""The Debt Exchange (DebtX)"":www.debtx.com/ recently released its commercial loan report for January, and the findings indicate that loan values are continuing to rise steadily, following the trend of the past 12 months.[IMAGE]
According to data from DebtX, values for commercial real estate (CRE) loans stood at 79.8 percent to end the first month of the year.[COLUMN_BREAK]
Evaluating the aggregate value of CRE loans priced by DebtX that collateralize commercial mortgage-backed securities climbed to 86.4 percent to close January. The statistics represent an uptick from December's totals, which rant in at 85.3 percent.
Commenting on January's results, DebtX's CEO, Kingsley Greeland, said, ""CRE loan prices rose again in January and are now up 8 percent from a year ago. CRE loan prices trended upward in January as treasury yields and credit spreads declined.""

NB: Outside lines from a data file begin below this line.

/// A `next` comes only out of a loop's body or a block, and a `retry` only out of a rescue clause:
/// so the placement of its tree lets them. What the files of a source tree and the prelude are read
/// as is placed, so a plain run ends with a value, an exception, no turn left or a full store. And
/// a break that leaves a loop comes only from where a loop or a block stands around.
pub fn outcomes_are_placed()
    // One step, whatever its bodies do where a tree is not placed or a frame does not fit.
    ensures step { (files : Files) → ArePlaced files → (fuel : ℕ) (b : Tree → Frame → Run) → StaysStored b → StaysStored (run files fuel b) }
    ensures stays { (files : Files) → ArePlaced files → StaysStored (evaluate files) }
    ensures break_in_loop { (files : Files) (c : Around) (t : Tree) (frame : Frame) (w z : World) (v : Value) → FrameFits c frame w.objects → evaluate files t frame w ≡ Break to_loop v z → c.loop ≡ true }
    ensures evaluated { (files : Files) → ArePlaced files → (c : Around) (t : Tree) (frame : Frame) (w : World) → IsPlaced c t → FrameFits c frame w.objects → IsStored w → PlacedOut c (evaluate files t frame w) }
    ensures program { (files : Files) (prelude : Tree) (p : Program) → ArePlaced files → IsPlaced (at_home file) prelude → EndsAsProgram (program_run files prelude p (start_world p)) }
    ensures read { (source : SourceTree) (files : Files) → ((path : Bytes) → IsRubyFile (bytes_at source path) (files.ruby path)) → ArePlaced files }
    ensures prelude { (t : Tree) → IsPrelude t → IsPlaced (at_home file) t }
    ensures plain { (reader : DataReader) (source : SourceTree) (p : Program) → EndsAsProgram (program_run (files_of reader source) prelude_of_text p (start_world p)) }
{}

/// In a frame that fits, a placed `super` has a method that runs, a placed `return` a method or a
/// file to leave, and a placed `break` a loop or a block. So what stands for these elsewhere is
/// reached from no frame that fits.
pub fn odd_endings_are_not_reached()
    ensures super_in_a_method { (c : Around) (frame : Frame) (store : Objects) (o : SourcePosition) → FrameFits c frame store → (ts : Trees) (ks : List ℕ) (v b : Other) → IsPlaced c (at o (super ts ks v b)) → is_some frame.method ≡ true }
    ensures bare_super_in_a_method { (c : Around) (frame : Frame) (store : Objects) (o : SourcePosition) → FrameFits c frame store → (b : Other) → IsPlaced c (at o (bare_super b)) → is_some frame.method ≡ true }
    ensures return_in_no_class { (c : Around) (frame : Frame) (store : Objects) (o : SourcePosition) → FrameFits c frame store → (ts : Trees) → IsPlaced c (at o (return_with ts)) → frame.home ≡ in_class → ⊥ }
    ensures break_in_a_loop_or_block { (c : Around) (frame : Frame) (store : Objects) (o : SourcePosition) → FrameFits c frame store → (ts : Trees) → IsPlaced c (at o (break_with ts)) → (frame.in_loop || is_some frame.in_block) ≡ true }
{}
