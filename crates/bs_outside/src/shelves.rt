//! A folder of cache files that is changed by rename alone, by this object and by others.
ghost use Rattle.std.specs.Prelude.{◌≡◌, ◌⊎◌, ◌≤◌, ◌<◌, ◌++◌, ◌∷◌, [], ℕ, Bool, IsTrue, length, take, IfOk, OnOk, OnErr};
ghost use Rattle.bs_outside.specs.Cache.{last_of, now_of};
ghost use Rattle.bs_outside.specs.History.{History, Since, IsLast, KeepsTemps, KeepsOtherTemps, HasCause, loaded_by};

use crate::{CacheName, Image, ShelfFault, Temp};
use std::alloc::Global;

/// A folder of cache files. What others rename during a call joins the past before the call acts.
pub trait Shelf {
    /// Whether it tells what it holds.
    ghost tells: { Bool };

    /// What it tells.
    ghost history: { Self → History };

    /// How many calls failed.
    ghost faults: { Self → ℕ };

    /// How many temporaries it has begun.
    ghost begun: { Self → ℕ };

    /// The bytes that stand under the name now, or nothing where none do.
    fn load(&mut self, alloc: Global, name: &CacheName) -> Result<Option<Image>, ShelfFault>
        ensures since { IsTrue tells → Since (history self.old) (history self.new) [] (loaded_by name.now result) }
        ensures bytes { IsTrue tells → IfOk result (λ image. image ≡ now_of (last_of (history self.new).start) (history self.new).past name.now) }
        ensures temps { IsTrue tells → KeepsTemps (begun self.old) (history self.old) (history self.new) }
        ensures begun { begun self.new ≡ begun self.old }
        ensures cause { HasCause (faults self.old) (faults self.new) result };

    /// An empty temporary.
    fn begin(&mut self, alloc: Global, name: &CacheName) -> Result<Temp, ShelfFault>
        ensures since { IsTrue tells → Since (history self.old) (history self.new) [] [] }
        ensures empty { IsTrue tells → IfOk result (λ temp. (history self.new).temps temp ≡ []) }
        ensures temps { IsTrue tells → KeepsTemps (begun self.old) (history self.old) (history self.new) }
        ensures fresh { IfOk result (λ temp. (begun self.old ≤ temp) × (temp < begun self.new)) }
        ensures begun { begun self.old ≤ begun self.new }
        ensures cause { HasCause (faults self.old) (faults self.new) result };

    /// Puts the first bytes of the piece at the temporary's end, at least one of a piece that is not empty, and answers how many.
    /// After an error the temporary's bytes are unknown.
    fn append(&mut self, alloc: Global, temp: &Temp, piece: &[u8]) -> Result<usize, ShelfFault>
        requires { temp.now < begun self.old }
        ensures since { IsTrue tells → Since (history self.old) (history self.new) [] [] }
        ensures added { IsTrue tells → IfOk result (λ n. (history self.new).temps temp.now ≡ (history self.old).temps temp.now ++ take n piece.now) }
        ensures temps { IsTrue tells → KeepsOtherTemps temp.now (history self.old) (history self.new) }
        ensures within { IfOk result (λ n. n ≤ length piece.now) }
        ensures some { IfOk result (λ n. 0 < length piece.now → 0 < n) }
        ensures begun { begun self.new ≡ begun self.old }
        ensures cause { HasCause (faults self.old) (faults self.new) result };

    /// Gives the name the temporary's bytes. After an error it did so or not.
    fn rename(&mut self, alloc: Global, temp: Temp, name: &CacheName) -> Result<(), ShelfFault>
        requires { temp < begun self.old }
        ensures ok { IsTrue tells → OnOk result (
            Since (history self.old) (history self.new) ((name.now, (history self.old).temps temp) ∷ []) []
            × IsLast (name.now, (history self.old).temps temp) (history self.new).past) }
        ensures err { IsTrue tells → OnErr result (
            Since (history self.old) (history self.new) [] []
            ⊎ (Since (history self.old) (history self.new) ((name.now, (history self.old).temps temp) ∷ []) []
            × IsLast (name.now, (history self.old).temps temp) (history self.new).past)) }
        ensures temps { IsTrue tells → KeepsOtherTemps temp (history self.old) (history self.new) }
        ensures begun { begun self.new ≡ begun self.old }
        ensures cause { HasCause (faults self.old) (faults self.new) result };
}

For January, DebtX priced 51,399 CRE loans with a $616.1 billion aggregate principal balance. The company applied a price evaluation based on 10 years of data accumulated from loan sales executed by DebtX.
The DebtX CMBS loan pricing analysis is part of the company's service to loan buyers, which provides insights on six components including: non-performing loan sale prices, bank watch, secondary loan market commentary, CMBS loan collateral prices, and secondary loan market liquidity. The data, known as ""DXMarket Data"":www.debtx.com/Products/DXMarketData.asp, is available via a the company's subscription service.